GBP/EUR: Pound Rallies vs. Euro As No-Deal Threat Diminishes

The pound fell steadily versus the euro across the previous week, before surging higher on Friday, making up all the lost ground from the week and more. The pound euro exchange rate closed at €1.1204, its highest level since a spike higher on Christmas day. Sterling is moving higher as the new week begins.

What do these figures mean?

When measuring the value of a pair of currencies, one set equals 1 unit and the other shows the current equivalent. As the market moves, the amount will vary from minute to minute.

For example, it could be written: 1 GBP = 1.13990 EUR

Here, £1 is equivalent to approximately €1.14. This specifically measures the pound’s worth against the euro. If the euro amount increases in this pairing, it’s positive for the pound.

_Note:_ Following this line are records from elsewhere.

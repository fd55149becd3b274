//! A scenario's run, from its document.

ghost use Rattle.scenario_form.specs.Limits.{IsWithinLimits};

use crate::rounds::add_rounds;
use crate::windows::run_world;
use pkt_face::PlainPkt;
use scenario_form::{Scenario, read_scenario};
use sim_base::NoMemory;
use sim_world::World;
use std::alloc::Global;
use std::thread::Threads;

/// What the run of a scenario tells.
pub fn run<R: Threads + Sync>(rt: &R, alloc: Global, document: &str) -> Result<String, NoMemory> {
    match read_scenario(alloc, document.as_bytes()) {
        Err(_) => Ok(format!(in alloc; "refused\n")?),
        Ok(scenario) => run_scenario(rt, alloc, &scenario),
    }
}

/// What the run of a scenario tells that isn't refused.
fn run_scenario<R: Threads + Sync>(
    rt: &R,
    alloc: Global,
    scenario: &Scenario,
) -> Result<String, NoMemory>
    requires limits { IsWithinLimits scenario.now }
{
    let Ok(world) = World::<PlainPkt>::make(alloc, scenario) else {
        return Err(NoMemory);
    };
    let mut told = run_world(alloc, world)?;
    add_rounds(rt, alloc, scenario, &mut told)?;
    Ok(told)
}
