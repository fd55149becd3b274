//! What a run tells, as text.

ghost use Rattle.std.specs.Prelude.{◌≡◌, [], OnOk};

use lp_run::Lp;
use pkt_face::{Line, Pkt};
use sim_base::{Key, NoMemory, NodeId, Time};
use std::alloc::Global;

/// Seconds, with nine decimals.
fn time_text(alloc: Global, time: Time) -> Result<String, NoMemory> {
    let seconds = time.0 / 1_000_000_000;
    let nanoseconds = time.0 % 1_000_000_000;
    Ok(format!(in alloc; "{seconds}.{nanoseconds:09}")?)
}

/// A frame that is saved: when, where, and how long it is.
fn line_text<P: Pkt>(alloc: Global, line: &Line<P>) -> Result<String, NoMemory> {
    let time = time_text(alloc, line.key.time)?;
    let (node, iface, len) = (line.node.0, line.iface, line.packet.len());
    Ok(format!(in alloc; "  {time} node {node} interface {iface} saves {len} bytes\n")?)
}

/// Tells where a window ends and how many events have fired until then, and takes the lines of the frames that it saved
/// and the events that it has scheduled for other groups.
pub fn add_window<P: Pkt>(
    alloc: Global,
    group: &mut Lp<P>,
    end: Time,
    text: &mut String,
) -> Result<(), NoMemory>
    ensures { OnOk result (group.new ≡ record group.old { lines = []; sends = [] }) }
{
    let lines = group.take_lines();
    let sends = group.take_sends().len();
    let fired = group.fired();
    let time = time_text(alloc, end)?;
    let window = format!(in alloc; "below {time}: {fired} events, {sends} for others\n")?;
    text.push_str(window.as_str())?;
    for line in &lines {
        let saved = line_text(alloc, line)?;
        text.push_str(saved.as_str())?;
    }
    Ok(())
}

/// Tells at which event the group has stopped.
pub fn add_limit(alloc: Global, key: Key, node: NodeId, text: &mut String) -> Result<(), NoMemory> {
    let time = time_text(alloc, key.time)?;
    let number = node.0;
    let limit = format!(in alloc; "limit node {number} time {time}\n")?;
    text.push_str(limit.as_str())?;
    Ok(())
}

/// Tells how many packets were dropped, and what applications have sent and got.
pub fn add_counts<P: Pkt>(alloc: Global, group: &Lp<P>, text: &mut String) -> Result<(), NoMemory> {
    let drops = group.part().drops();
    let dropped = format!(in alloc; "drops {drops}\n")?;
    text.push_str(dropped.as_str())?;
    for count in &group.part().counts()? {
        let (app, sent, got) = (count.app, count.sent, count.got);
        let (sent_bytes, got_bytes) = (count.sent_bytes, count.got_bytes);
        let counted = format!(in alloc;
            "app {app} sent {sent} {sent_bytes} received {got} {got_bytes}\n"
        )?;
        text.push_str(counted.as_str())?;
    }
    Ok(())
}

Or, if you were looking at it the other way around: 1 EUR = 0.87271 GBP

In this example, €1 is equivalent to approximately £0.87. This measures the euro’s worth versus the British pound. If the sterling number gets larger, it’s good news for the euro.

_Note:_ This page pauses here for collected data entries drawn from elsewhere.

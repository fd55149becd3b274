use crate::Meta;
use sim_base::{Item, Kind};
use std::test::Fail;

fn item(kind: Kind, size: u32, cut_front: u32, cut_back: u32) -> Item {
    Item {
        kind,
        size,
        cut_front,
        cut_back,
    }
}

#[test]
fn two_halves_of_a_payload_become_whole(rt: HostRuntime) -> Result<(), Fail> {
    let mut front = Meta::new(rt.alloc());
    front.push_back(Kind::Payload, 10)?;
    front.push_front(Kind::Udp, 8)?;
    front.push_front(Kind::Ipv4, 0)?;
    let mut back = front.copy()?;
    front.cut(0, 12);
    back.cut(12, 18);
    let front_items = [item(Kind::Udp, 8, 0, 0), item(Kind::Payload, 10, 0, 6)];
    assert_eq!(rt; front.list(), front_items.as_slice());
    assert_eq!(rt; back.list(), [item(Kind::Payload, 10, 4, 0)].as_slice());
    front.join(&back)?;
    let whole_items = [item(Kind::Udp, 8, 0, 0), item(Kind::Payload, 10, 0, 0)];
    assert_eq!(rt; front.list(), whole_items.as_slice());
    Ok(())
}

#[test]
fn other_parts_stand_one_behind_the_other(rt: HostRuntime) -> Result<(), Fail> {
    let mut front = Meta::new(rt.alloc());
    front.push_back(Kind::Udp, 8)?;
    let mut back = Meta::new(rt.alloc());
    back.push_back(Kind::Payload, 4)?;
    front.join(&back)?;
    let items = [item(Kind::Udp, 8, 0, 0), item(Kind::Payload, 4, 0, 0)];
    assert_eq!(rt; front.list(), items.as_slice());
    Ok(())
}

Last week the pound was driven by Brexit developments in Westminster, as the British Parliament debated the Brexit withdrawal once again. Increasing uncertainty dragged on demand for the pound as ministers showed less confidence in Theresa May’s Brexit plan.

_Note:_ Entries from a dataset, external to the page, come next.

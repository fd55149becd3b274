//! What a packet is made of: its headers, payload, trailers and padding, outermost first, with what has
//! been cut from each since.
//!
//! A packet has few parts, so the first eight stand in the value itself. While the list is no longer
//! than that, no call on it wants memory.
#![tactic(auto)]

mod meta;
#[cfg(test)]
mod tests;

pub use meta::Meta;
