//! What connections ask for, as text.

use pkt_face::{Pkt, PlainPkt};
use sim_base::{NoMemory, Time};
use std::alloc::{AllocError, Global};
use tcp_conn::Heard;
use tcp_flow::{Act, Seg};
use tcp_wire::{Arrived, read_segment};

/// The longest packet that IPv4 hands on.
const LONGEST: u32 = 65515;

/// All that is asked for, a line each.
pub fn of_all(alloc: Global, acts: Vec<Act<PlainPkt>>) -> Result<String, AllocError> {
    let mut text = String::new(alloc);
    for act in acts {
        let line = of(alloc, act)?;
        text.push_str("    ")?;
        text.push_str(line.as_str())?;
        text.push_str("\n")?;
    }
    Ok(text)
}

fn of(alloc: Global, act: Act<PlainPkt>) -> Result<String, AllocError> {
    match act {
        Act::Emit { segment } => segment_text(alloc, &segment),
        Act::TimerAt { at, conn, stamp } => {
            let at = milliseconds(at);
            format!(in alloc; "timer at {at} conn {conn} stamp {stamp}")
        }
        Act::Connected { app } => format!(in alloc; "connected app {app}"),
        Act::Room { app, free } => format!(in alloc; "room app {app} free {free}"),
        Act::Deliver {
            app,
            src,
            sport,
            packet,
        } => {
            let count = packet.uid().count;
            let size = packet.len();
            format!(in alloc; "deliver app {app} from {src} {sport} packet {count} bytes {size}")
        }
        Act::End { app } => format!(in alloc; "end app {app}"),
        Act::Reset { app } => format!(in alloc; "reset app {app}"),
        Act::Dropped => format!(in alloc; "dropped"),
    }
}

fn milliseconds(time: Time) -> u64 {
    time.0 / 1_000_000
}

/// Who sends to whom, the packet's number, and what the segment says.
fn segment_text(alloc: Global, segment: &Seg<PlainPkt>) -> Result<String, AllocError> {
    let (src, dst, count) = (segment.src, segment.dst, segment.packet.uid().count);
    match read(alloc, segment) {
        Ok(Some(arrived)) => {
            let (sport, dport) = (arrived.sport, arrived.dport);
            let says = says_text(alloc, &arrived)?;
            format!(in alloc; "emit {src} {sport} to {dst} {dport} packet {count} {says}")
        }
        _ => format!(in alloc; "emit {src} to {dst} packet {count}, which is no segment"),
    }
}

fn read(alloc: Global, segment: &Seg<PlainPkt>) -> Result<Option<Arrived>, NoMemory> {
    if segment.packet.len() > LONGEST {
        return Ok(None);
    }
    read_segment(alloc, segment.src, segment.dst, &segment.packet)
}

/// A segment's flags, numbers, greatest segment size and bytes.
fn says_text(alloc: Global, arrived: &Arrived) -> Result<String, AllocError> {
    let flags = flags(&arrived.says);
    let (seq, ack) = (arrived.says.seq, arrived.says.ack);
    let mss = arrived.says.mss.unwrap_or(0);
    let bytes = arrived.bytes.len();
    format!(in alloc; "{flags} seq {seq} ack {ack} mss {mss} bytes {bytes}")
}

fn flags(says: &Heard) -> &'static str {
    match (says.syn, says.fin, says.rst, says.has_ack) {
        (true, _, _, true) => "SA",
        (true, _, _, false) => "S",
        (false, true, _, _) => "FA",
        (false, false, true, true) => "RA",
        (false, false, true, false) => "R",
        (false, false, false, _) => "A",
    }
}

The pound rallied hard on Friday following reports that Article 50 will be extended. Currently Article 50 dictates that the UK will leave the UK on 29th March 2019. However, if ministers can’t agree how the UK will leave the EU then an extension of Article 50 could help break the deadlock. This means that the UK could avoid crashing out of the EU with no deal — something very few ministers support.

The Brexit vote on Tuesday evening will be the headline event for the week. Should the vote be approved then processes will begin for the UK to leave with EU with a deal in March, starting with a transition period.

Current MP voting intentions suggest that Theresa May will lose the vote and by a wide margin. Under this scenario, Brexit uncertainty and chaos will continue, which could weigh on the pound. However, if investors consider that a “no” vote means Article 50 is likely to be extended, or a second referendum could be on the cards, the pound could move higher.

Why is a “soft” Brexit better for sterling than a “hard” Brexit?
A soft Brexit implies anything less than UK’s complete withdrawal from the EU. For example, it could mean the UK retains some form of membership to the European Union single market in exchange for some free movement of people, i.e. immigration. This is considered more positive than a “hard” Brexit, which is a full severance from the EU. The reason “soft” is considered more pound-friendly is because the economic impact would be lower. If there is less negative impact on the economy, foreign investors will continue to invest in the UK. As investment requires local currency, this increased demand for the pound then boosts its value.

Will Industrial Production Data Pull The Euro Lower?

The euro showed resilience in the early part of the previous week. The euro strengthened despite disappointing economic data, particularly from France and Germany, highlighting the possibility of a technical recession. This is when the economy contracts for two consecutive quarters.

Minutes from the European Central Bank monetary policy report were another negative for the euro. The central bank suggesting that the balance of risks was moving towards the downside was a cause for concern for euro traders, as the ECB could delay raising interest rates.

Why do raised interest rates boost a currency’s value?
Interest rates are key to understanding exchange rate movements. Those who have large sums of money to invest want the highest return on their investments. Higher interest rate environments tend to offer higher yields. So, if the interest rate or at least the interest rate expectation of a country is relatively higher compared to another, then it attracts more foreign capital investment. Large corporations and investors need local currency to invest. More local currency used then boosts the demand of that currency, pushing the value higher.

Investors will be watching Eurozone industrial production (IP) data today. Analysts are expecting IP to have increased to 0.3% in November, up from 0.2% the previous month. However, with German and French IP having printed lower, there is a good chance that the eurozone figure will miss estimates. This could weigh on the euro.